KABUL, Oct 14 (Reuters) – The Taliban will attend China’s Belt and Road Forum next week, a spokesman said on Saturday, underscoring Beijing’s growing official ties with the administration despite its lack of of formal recognition by any government.
Taliban officials and ministers have sometimes traveled to regional meetings, mainly those focused on Afghanistan, but the Belt and Road Forum is one of the most prominent multilateral summits he has been invited to attend.
The forum in Beijing on Tuesday and Wednesday marks the 10th anniversary of President Xi Jinping’s ambitious global infrastructure and energy initiative, billed as recreating the ancient Silk Road to boost global trade.
The Taliban’s acting trade and industry minister, Haji Nooruddin Azizi, will travel to Beijing in the coming days, ministry spokesman Akhundzada Abdul Salam Jawad said in a text message to Reuters.
“He will attend and invite big investors” to Afghanistan, he said.
The impoverished country could offer a wealth of coveted mineral resources. A mines minister estimated in 2010 that Afghanistan had untapped deposits, ranging from copper to gold and lithium, worth between $1 trillion and $3 trillion. It is not clear how much they are worth today.

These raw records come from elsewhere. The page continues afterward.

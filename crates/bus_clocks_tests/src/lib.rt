//! Tests of the public calls of `bus_clocks` and `bus_tap`: two lines with a clock each, and their samples. They stand
//! apart so that the gate proves each library once.
#![tactic(auto)]

#[cfg(test)]
mod clocks;
#[cfg(test)]
mod expect;
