//! The records of quotas and credentials.
ghost use Rattle.std.specs.Prelude.{◌≡◌, [], ◌∷◌, IfOk, OnOk, ◌++◌};
ghost use Rattle.kz_spec_data.specs.Translation.{quota_entity, quota_record, scram_record};

use kz_types::{
    ClientQuotaRecord, Duplicate, EntityKey, MetaRecord, NoMemory, QuotaEntities, QuotaEntity,
    QuotaRow, ScramPair, Text, UserScramCredentialRecord,
};
use std::alloc::Global;

// Adds a part of whom a quota speaks of.
fn push_part(
    alloc: Global,
    parts: &mut Vec<QuotaEntity>,
    kind: &str,
    name: &Option<Text>,
) -> Result<(), NoMemory>
    ensures { OnOk result (parts.new.items ≡ parts.old.items ++ record { kind = kind.now; name = name.now } ∷ []) }
{
    parts.push(QuotaEntity {
        kind: Text::from_str(alloc, kind)?,
        name: name.copy(alloc)?,
    })?;
    Ok(())
}

// Whom the quotas of an entity speak of, in order.
fn parts_of(alloc: Global, key: &EntityKey) -> Result<Vec<QuotaEntity>, NoMemory>
    ensures { IfOk result (λ parts. parts.items ≡ quota_entity key.now) }
{
    let mut parts = Vec::new(alloc);
    match key {
        EntityKey::Client { client } => push_part(alloc, &mut parts, "client-id", client)?,
        EntityKey::User { user } => push_part(alloc, &mut parts, "user", user)?,
        EntityKey::UserClient { user, client } => {
            push_part(alloc, &mut parts, "user", user)?;
            push_part(alloc, &mut parts, "client-id", client)?;
        }
        EntityKey::Ip { address } => push_part(alloc, &mut parts, "ip", address)?,
        _ => {}
    }
    Ok(parts)
}

// Whom the quotas of an entity speak of.
fn quota_entity(alloc: Global, key: &EntityKey) -> Result<QuotaEntities, NoMemory>
    ensures { IfOk result (λ entity. entity ≡ quota_entity key.now) }
{
    Ok(QuotaEntities::from_vec(parts_of(alloc, key)?))
}

/// The record that sets a quota of an entity.
pub fn quota_record(
    alloc: Global,
    key: &EntityKey,
    quota: &QuotaRow,
) -> Result<MetaRecord, NoMemory>
    ensures { IfOk result (λ made. made ≡ quota_record key.now quota.now) }
{
    Ok(MetaRecord::ClientQuota(ClientQuotaRecord {
        entity: quota_entity(alloc, key)?,
        key: quota.key.copy(alloc)?,
        value: quota.value,
        remove: false,
    }))
}

/// The record that sets a credential of a user.
pub fn scram_record(alloc: Global, name: &Text, scram: &ScramPair) -> Result<MetaRecord, NoMemory>
    ensures { IfOk result (λ made. made ≡ scram_record name.now scram.now) }
{
    Ok(MetaRecord::UserScramCredential(UserScramCredentialRecord {
        name: name.copy(alloc)?,
        mechanism: scram.mechanism,
        salt: scram.value.salt.copy(alloc)?,
        stored_key: scram.value.stored_key.copy(alloc)?,
        server_key: scram.value.server_key.copy(alloc)?,
        iterations: scram.value.iterations,
    }))
}
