//! A connection to a store that may lose requests: the part that is the same for every store.
#![tactic(auto)]

ghost use Rattle.std.specs.Prelude.{◌≡◌};
ghost use Rattle.std.specs.Borrow.{sem};
ghost use Rattle.kz_types.specs.Causes.{Rose};
ghost use Rattle.kz_connection.specs.Connections.{Wired};
ghost use Rattle.kz_connection.specs.Lending.{lends_inner};

use kz_types::Plan;
use std::marker::Model;

/// A store, the plan for the next request, and how often a request wasn't answered. A plan serves one request.
///
/// Contracts see all three.
#[derive(Drop)]
pub struct Connection<T> {
    inner: T,
    plan: Plan,
    faults: u64,
}

impl<T> Model for Connection<T> {
    ghost use Rattle.kz_connection.specs.Connections.{Wired};

    ghost Value = { Wired T };

    ghost view = { λ c. record { inner = c.inner; plan = c.plan; faults = c.faults } };
}

impl<T> Connection<T> {
    /// A connection that delivers the next request.
    pub fn new(store: T) -> Connection<T>
        ensures { result ≡ record { inner = store; plan = Plan.Deliver; faults = 0 } }
    {
        Connection {
            inner: store,
            plan: Plan::Deliver,
            faults: 0,
        }
    }

    /// Says what becomes of the next request.
    pub fn plan(&mut self, plan: Plan)
        ensures { self.new ≡ record self.old { plan = plan } }
    {
        self.plan = plan;
    }

    /// Lends the store, past the connection.
    pub fn inner(&self) -> &T
        ensures { result.now ≡ self.now.inner }
    {
        &self.inner
    }

    /// Lends the store to be changed, past the connection.
    pub fn inner_mut(&mut self) -> &mut T
        ensures* writes_back { sem 𝓛 (lends_inner T.row self.entry result) }
        ensures lent { result.now ≡ self.old.inner }
    {
        &mut self.inner
    }

    /// Gives the store back.
    pub fn into_inner(self) -> T
        ensures { result ≡ self.inner }
    {
        let Connection { inner, .. } = self;
        inner
    }

    /// The plan for this request, which is spent: the next request is delivered.
    pub fn take_plan(&mut self) -> Plan
        ensures plan { result ≡ self.old.plan }
        ensures spent { self.new ≡ record self.old { plan = Plan.Deliver } }
    {
        let plan = self.plan;
        self.plan = Plan::Deliver;
        plan
    }

    /// Counts a request that isn't answered. The count stays at its greatest value, 2^64 - 1.
    pub fn count(&mut self)
        ensures inner { self.new.inner ≡ self.old.inner }
        ensures plan { self.new.plan ≡ self.old.plan }
        ensures count { Rose self.old.faults self.new.faults }
    {
        self.faults = self.faults.saturating_add(1);
    }
}
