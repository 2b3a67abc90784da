//! The record of a member of a configuration.
ghost use Rattle.std.specs.Prelude.{◌≡◌, IfOk};
ghost use Rattle.kz_spec_data.specs.Translation.{config_record};

use kz_types::{ConfigRecord, Duplicate, MetaRecord, NoMemory, Pair, Text};
use std::alloc::Global;

/// The record that sets a member of the configuration of a resource: 2 is a topic, 4 a broker.
pub fn config_record(
    alloc: Global,
    resource: i8,
    name: &Text,
    pair: &Pair,
) -> Result<MetaRecord, NoMemory>
    ensures { IfOk result (λ made. made ≡ config_record resource name.now pair.now) }
{
    Ok(MetaRecord::Config(ConfigRecord {
        resource_type: resource,
        resource_name: name.copy(alloc)?,
        name: pair.name.copy(alloc)?,
        value: Some(pair.value.copy(alloc)?),
    }))
}
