//! Records of the metadata log, after Kafka's record schemas (KIP-631, KIP-868, KIP-866), and why bytes are none.
use crate::{Duplicate, Id, NoMemory, QuotaValue, Sequence, Text, copy_all};
use std::alloc::Global;
use std::marker::Model;

/// An address that a broker listens at.
#[derive(Drop)]
pub struct Endpoint {
    /// The listener's name.
    pub name: Text,
    /// The host name or address that clients connect to.
    pub host: Text,
    /// The port that clients connect to.
    pub port: u16,
    /// The security protocol: 0 PLAINTEXT, 1 SSL, 2 SASL_PLAINTEXT, 3 SASL_SSL. Any number is taken.
    pub protocol: i16,
}

impl Duplicate for Endpoint {
    fn copy(&self, alloc: Global) -> Result<Self, NoMemory> {
        Ok(Endpoint {
            name: self.name.copy(alloc)?,
            host: self.host.copy(alloc)?,
            port: self.port,
            protocol: self.protocol,
        })
    }
}

/// A feature of a broker, and the versions that it knows.
#[derive(Drop)]
pub struct Feature {
    /// The feature's name.
    pub name: Text,
    /// The least version that the broker supports.
    pub min: i16,
    /// The greatest version that the broker supports.
    pub max: i16,
}

impl Duplicate for Feature {
    fn copy(&self, alloc: Global) -> Result<Self, NoMemory> {
        Ok(Feature {
            name: self.name.copy(alloc)?,
            min: self.min,
            max: self.max,
        })
    }
}

/// A broker registers.
/// Kafka's RegisterBrokerRecord at version 2. A later registration of the same broker takes the place of an earlier one.
#[derive(Drop)]
pub struct RegisterBrokerRecord {
    /// The broker's id, at least 0 where the metadata takes the record.
    pub broker_id: i32,
    /// Whether it is a ZooKeeper-mode broker that is ready to migrate.
    pub migrating: bool,
    /// An id that a broker process makes anew at each start.
    pub incarnation: Id,
    /// The epoch that the controller gave to this registration. The metadata takes 0 to 2,147,483,647.
    pub broker_epoch: i64,
    /// The addresses that the broker listens at.
    pub endpoints: Sequence<Endpoint>,
    /// The features that the broker supports.
    pub features: Sequence<Feature>,
    /// The broker's rack, or none.
    pub rack: Option<Text>,
    /// Whether the broker is fenced, so that it leads no partition.
    pub fenced: bool,
    /// Whether the broker is in a controlled shutdown.
    pub in_shutdown: bool,
}

impl Duplicate for RegisterBrokerRecord {
    fn copy(&self, alloc: Global) -> Result<Self, NoMemory> {
        Ok(RegisterBrokerRecord {
            broker_id: self.broker_id,
            migrating: self.migrating,
            incarnation: self.incarnation,
            broker_epoch: self.broker_epoch,
            endpoints: self.endpoints.copy(alloc)?,
            features: self.features.copy(alloc)?,
            rack: self.rack.copy(alloc)?,
            fenced: self.fenced,
            in_shutdown: self.in_shutdown,
        })
    }
}

/// A topic is made.
/// Kafka's TopicRecord at version 0. The topic has no partition yet.
#[derive(Drop)]
pub struct TopicRecord {
    /// The topic's name.
    pub name: Text,
    /// The topic's id, which no other topic has. Zero is no id.
    pub topic_id: Id,
}

impl Duplicate for TopicRecord {
    fn copy(&self, alloc: Global) -> Result<Self, NoMemory> {
        Ok(TopicRecord {
            name: self.name.copy(alloc)?,
            topic_id: self.topic_id,
        })
    }
}

/// A partition of a topic is made.
/// Kafka's PartitionRecord at version 0.
#[derive(Drop)]
pub struct PartitionRecord {
    /// The partition's number, from 0 on.
    pub partition_id: i32,
    /// The id of its topic.
    pub topic_id: Id,
    /// The brokers that hold the partition, the preferred leader first.
    pub replicas: Sequence<i32>,
    /// The replicas that are in sync.
    pub isr: Sequence<i32>,
    /// The replicas that a reassignment is removing.
    pub removing: Sequence<i32>,
    /// The replicas that a reassignment is adding.
    pub adding: Sequence<i32>,
    /// The leader, or -1 for none.
    pub leader: i32,
    /// 0 where the leader is recovered, 1 where it is recovering. By default 0.
    pub recovery: i8,
    /// The leader's epoch, which rises with each leader.
    pub leader_epoch: i32,
    /// The partition's epoch, which rises with each change of the partition.
    pub partition_epoch: i32,
}

impl Duplicate for PartitionRecord {
    fn copy(&self, alloc: Global) -> Result<Self, NoMemory> {
        Ok(PartitionRecord {
            partition_id: self.partition_id,
            topic_id: self.topic_id,
            replicas: self.replicas.copy(alloc)?,
            isr: self.isr.copy(alloc)?,
            removing: self.removing.copy(alloc)?,
            adding: self.adding.copy(alloc)?,
            leader: self.leader,
            recovery: self.recovery,
            leader_epoch: self.leader_epoch,
            partition_epoch: self.partition_epoch,
        })
    }
}

/// A member of a configuration is set, or removed where it has no value.
/// Kafka's ConfigRecord at version 0.
#[derive(Drop)]
pub struct ConfigRecord {
    /// 2 for a topic, 4 for a broker.
    pub resource_type: i8,
    /// A topic's name, or a broker's id in decimal; empty for all brokers.
    pub resource_name: Text,
    /// The member's name, such as `retention.ms`.
    pub name: Text,
    /// The member's value, or none to remove it.
    pub value: Option<Text>,
}
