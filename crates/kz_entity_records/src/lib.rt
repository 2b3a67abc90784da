//! Records that set a part of an entity: a member of a configuration, a quota, a credential.
#![tactic(auto)]

mod configs;
mod quotas;

pub use configs::config_record;
pub use quotas::{quota_record, scram_record};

China has been in talks with the Taliban over plans, initiated under the previous foreign-backed government, for a potential huge copper mine in eastern Afghanistan.
China’s foreign ministry did not immediately respond to a request for comment.

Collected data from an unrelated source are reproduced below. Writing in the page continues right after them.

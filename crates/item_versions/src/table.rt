ghost use Rattle.std.specs.Prelude.{◌≡◌, ◌+◌, ◌++◌, ◌∷◌, ◌<◌, ◌≤◌, [], length, slice_get, slice_index_or, vec_capacity, vec_len, IfOk, IfSome, IfNone, IsTrue, OnOk, OnErr, Some};
ghost use Rattle.std.specs.Bool.{OnFalse, OnTrue};
ghost use Rattle.std.specs.Option.{option_copied};
ghost use Rattle.std.specs.List.{All};
ghost use Rattle.item_versions.specs.Item.{CanCollect, HasRoomIfMade, IsHeld, collected, has_room, held_in_place, may_touch, put_value, touched};
ghost use Rattle.item_versions.specs.Table.{HasAscendingItems, HasRoomIfMadeIn, IsAfter, IsHeldTable, IsStagedIn, IsTable, item_in, replaced, pending, table_in_place, may_touch_in, has_room_in, put_value_in, ChangesAt};
ghost use Rattle.item_versions.specs.inside.StagedOps.{amounts_of, copied_over, has_op, held_after_staged, op_amount, table_after_staged, takes_in_place, with_copied, with_staged_op, with_touched};
ghost use Rattle.item_versions.specs.inside.Places.{item_place};

use crate::item::Item;
use commute_ops::{MOST_AMOUNT, Op, Value};
use std::alloc::Global;
use std::marker::Model;
use tv_base::{ItemNo, NoMemory, Version};

/// Items by ascending number.
#[derive(Drop)]
pub struct ItemTable {
    entries: Vec<(ItemNo, Item)>,
}

impl Model for ItemTable {
    ghost use Rattle.item_versions.specs.Table.{Table, IsTable};

    ghost Value = { Table };

    ghost view = { λ t. t.entries.items };

    ghost invariant = { λ t. IsTable t.entries.items };
}

/// An operation that is to be made where its item is.
#[derive(Clone, Copy)]
struct StagedOp {
    item: ItemNo,
    version: Version,
    op: Op,
}

/// What a table has yet to take: operations on sums and tops, which are made where the items are, and changed copies of
/// items. It is searched from end to end, so it serves for a few. An item is copied at most once, and then changed in
/// place.
#[derive(Drop)]
pub struct Staged {
    entries: Vec<(ItemNo, Item)>,
    ops: Vec<StagedOp>,
    /// How much the magnitudes of further operations may add up to.
    left: u128,
}

impl Model for Staged {
    ghost use Rattle.std.specs.Prelude.{◌+◌, ◌≤◌};
    ghost use Rattle.commute_ops.specs.declared.kinds.TheConstants.{MOST_AMOUNT};
    ghost use Rattle.item_versions.specs.Table.{StagedItems};
    ghost use Rattle.item_versions.specs.inside.StagedOps.{amounts_of, staged_items};

    ghost Value = { StagedItems };

    ghost view = { λ s. staged_items s.entries.items s.ops.items };

    ghost invariant = { λ s. s.left + amounts_of s.ops.items ≤ MOST_AMOUNT };
}

impl Staged {
    /// Nothing staged.
    pub fn new(alloc: Global) -> Staged
        ensures { result ≡ [] }
    {
        Staged {
            entries: Vec::new(alloc),
            ops: Vec::new(alloc),
            left: MOST_AMOUNT,
        }
    }

    /// Nothing staged, with room for `room` operations that are made where their items are.
    pub fn with_capacity(alloc: Global, room: usize) -> Result<Staged, NoMemory>
        ensures { IfOk result (λ staged. staged ≡ []) }
    {
        let ops = Vec::with_capacity(alloc, room)?;
        Ok(Staged {
            entries: Vec::new(alloc),
            ops,
            left: MOST_AMOUNT,
        })
    }

    /// Makes room for `room` more operations that are made where their items are.
    pub fn make_room(&mut self, room: usize) -> Result<(), NoMemory>
        ensures { self.new ≡ self.old }
    {
        self.ops.reserve(room)?;
        Ok(())
    }

    /// Nothing is staged any more. The room stays.
    pub fn clear(&mut self)
        ensures { self.new ≡ [] }
    {
        self.entries.clear();
        self.ops.clear();
        self.left = MOST_AMOUNT;
    }
}

impl ItemTable {
    /// A table with no item.
    pub fn new(alloc: Global) -> ItemTable
        ensures { result ≡ [] }
    {
        ItemTable {
            entries: Vec::new(alloc),
        }
    }

    /// Adds an item with this value in version 0. Its number is above every other. If no memory is found, the table is
    /// unchanged and the value is dropped.
    #[tactic(auto, using(crate::proofs::Holding::adding))]
    pub fn add(&mut self, item: ItemNo, value: Value) -> Result<(), NoMemory>
        requires { IsAfter item self.old }
        ensures ok { OnOk result (self.new ≡ self.old ++ (item, (record { 0 = 0 }, value) ∷ []) ∷ []) }
        ensures err { OnErr result (self.new ≡ self.old) }
    {
        let alloc = *self.entries.allocator();
        let made = Item::new(value);
        self.entries.push((item, made))?;
        Ok(())
    }

    /// How many items there are.
    pub fn count(&self) -> usize
        ensures count { result ≡ length self.now }
        ensures ascending { HasAscendingItems self.now }
        ensures held { IsHeldTable self.now }
    {
        self.entries.len()
    }

    /// The number and the item at a place, counted from 0 in the order of the numbers.
    pub fn at(&self, place: usize) -> (ItemNo, &Item)
        requires { place < length self.now }
        ensures { slice_get self.now place ≡ Some (result.0, result.1.now) }
    {
        let entry = &self.entries[place];
        (entry.0, &entry.1)
    }

    /// The item of a number, found by binary search. None exactly if no item has the number.
    #[tactic(auto, using(crate::proofs::Halving::finding))]
    pub fn item(&self, item: ItemNo) -> Option<&Item>
        ensures { option_copied result ≡ item_in item self.now }
    {
        match place(&self.entries, item) {
            Some(place) => Some(&self.entries[place].1),
            None => None,
        }
    }

    /// Collects the item at a place to version `f`. The other items stay.
    pub fn collect_at(&mut self, place: usize, f: Version)
        requires within { place < length self.old }
        requires can { IfSome (slice_get self.old place) (λ e. CanCollect f e.1) }
        ensures { ChangesAt place (collected f) self.old self.new }
    {
        collect_entry(&mut self.entries, place, f);
    }

    /// Whether the table has the item and, with what is staged, the item has room for version `v`.
    pub fn has_room(&self, staged: &Staged, v: Version, item: ItemNo) -> bool
        ensures { result ≡ has_room_in v item (pending staged.now self.now) }
    {
        let Some(held) = self.item(item) else {
            return false;
        };
        match find(&staged.entries, item) {
            Some(found) => found.has_room(v),
            // Operations that are made where the item is leave its versions as they are.
            None => held.has_room(v),
        }
    }

    /// Stages an update of one item in version `v`, if it may be made to the item with what is staged. False exactly if
    /// the table hasn't the item or the update may not be made; then nothing changes. The table never changes. If no
    /// memory is found, what is staged doesn't change either.
    ///
    /// A sum or a top that has version `v` and isn't copied yet is changed where it is, once the table takes what is
    /// staged. A copied item is changed in place, and needs memory only for bags: each from version `v` up is copied
    /// once. Any other is copied.
    pub fn stage_if_may(
        &self,
        staged: &mut Staged,
        v: Version,
        item: ItemNo,
        op: &Op,
    ) -> Result<bool, NoMemory>
        requires { HasRoomIfMadeIn v item op.now (pending staged.old self.now) }
        ensures may { IfOk result (λ made. made ≡ may_touch_in v item op.now (pending staged.old self.now)) }
        ensures made { IfOk result
            (λ made. OnTrue made (IsStagedIn v item op.now self.now staged.old staged.new)) }
        ensures not_made { IfOk result (λ made. OnFalse made (staged.new ≡ staged.old)) }
        ensures err { OnErr result (staged.new ≡ staged.old) }
    {
        let Some(held) = self.item(item) else {
            return Ok(false);
        };
        let place = staged_place(&staged.entries, item);
        if place < staged.entries.len() {
            let alloc = *staged.entries.allocator();
            return touch_entry(&mut staged.entries, place, alloc, v, op);
        }
        if note_op(&mut staged.ops, &mut staged.left, held, v, item, op)? {
            return Ok(true);
        }
        push_touched(&mut staged.entries, &staged.ops, held, v, item, op)
    }

    /// Stages an update of one item in version `v`, made to the item with what is staged. The table never changes. If
    /// no memory is found, what is staged doesn't change either.
    ///
    /// Which items are copied is as in `stage_if_may`.
    pub fn stage(
        &self,
        staged: &mut Staged,
        v: Version,
        item: ItemNo,
        op: &Op,
    ) -> Result<(), NoMemory>
        requires may { IsTrue (may_touch_in v item op.now (pending staged.old self.now)) }
        requires room { IsTrue (has_room_in v item (pending staged.old self.now)) }
        ensures ok { OnOk result (IsStagedIn v item op.now self.now staged.old staged.new) }
        ensures err { OnErr result (staged.new ≡ staged.old) }
    {
        self.stage_if_may(staged, v, item, op)?;
        Ok(())
    }

    /// Stages that version `v` of one item has this value. All its other versions stay as they are with what is staged.
    /// The table never changes. If no memory is found, what is staged doesn't change either, and the value is dropped.
    ///
    /// A copied item is changed in place, and needs no memory. Any other is copied.
    pub fn stage_value(
        &self,
        staged: &mut Staged,
        v: Version,
        item: ItemNo,
        value: Value,
    ) -> Result<(), NoMemory>
        requires { IsTrue (has_room_in v item (pending staged.old self.now)) }
        ensures ok { OnOk result
            (pending staged.new self.now ≡ put_value_in v item value (pending staged.old self.now)) }
        ensures err { OnErr result (staged.new ≡ staged.old) }
    {
        let alloc = *staged.entries.allocator();
        let place = staged_place(&staged.entries, item);
        if place < staged.entries.len() {
            put_in_entry(&mut staged.entries, place, v, value);
            return Ok(());
        }
        let mut next = self.item(item).unwrap().copy(alloc)?;
        make_ops(&mut next, item, &staged.ops);
        next.put_value(v, value);
        staged.entries.push((item, next))?;
        Ok(())
    }

    /// Makes all that is staged. Then nothing is staged; the room for it stays. It needs no memory.
    pub fn put_from(&mut self, staged: &mut Staged)
        ensures table { self.new ≡ pending staged.old self.old }
        ensures staged { staged.new ≡ [] }
    {
        make_all(&mut self.entries, &staged.ops);
        put_copies(&mut self.entries, &mut staged.entries);
        staged.ops.clear();
        staged.left = MOST_AMOUNT;
    }

    /// Makes all that is staged. It needs no memory.
    pub fn put_staged(&mut self, staged: Staged)
        ensures { self.new ≡ pending staged self.old }
    {
        let mut staged = staged;
        self.put_from(&mut staged);
    }
}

Azizi will continue discussions in Beijing on plans to build a road through the Wakhan Corridor, a thin mountainous strip in northern Afghanistan, to provide direct access to China, Akhundzada said.
Officials from China, the Taliban and neighboring Pakistan said in May that they would like the Belt and Road to include Afghanistan and China’s flagship economic corridor to Pakistan to extend across the border into Afghanistan .
The Taliban have not been formally recognized by any government since they took control of Afghanistan two years ago, when US and other foreign forces withdrew.
A series of restrictions on women’s access to public life and bans on many women NGO staff from working have increased obstacles to recognition, especially by Western countries, officials and international relations analysts say.
China has increased engagement with the Taliban, becoming the first country to name one ambassador in Kabul since the Taliban took power and invested in mining projects.
Beijing’s ambassador presented his credentials to the Taliban’s acting prime minister last month. Other nations have retained former ambassadors or heads of mission appointed as chargé d’affaires which does not involve formal presentation of credentials to the government.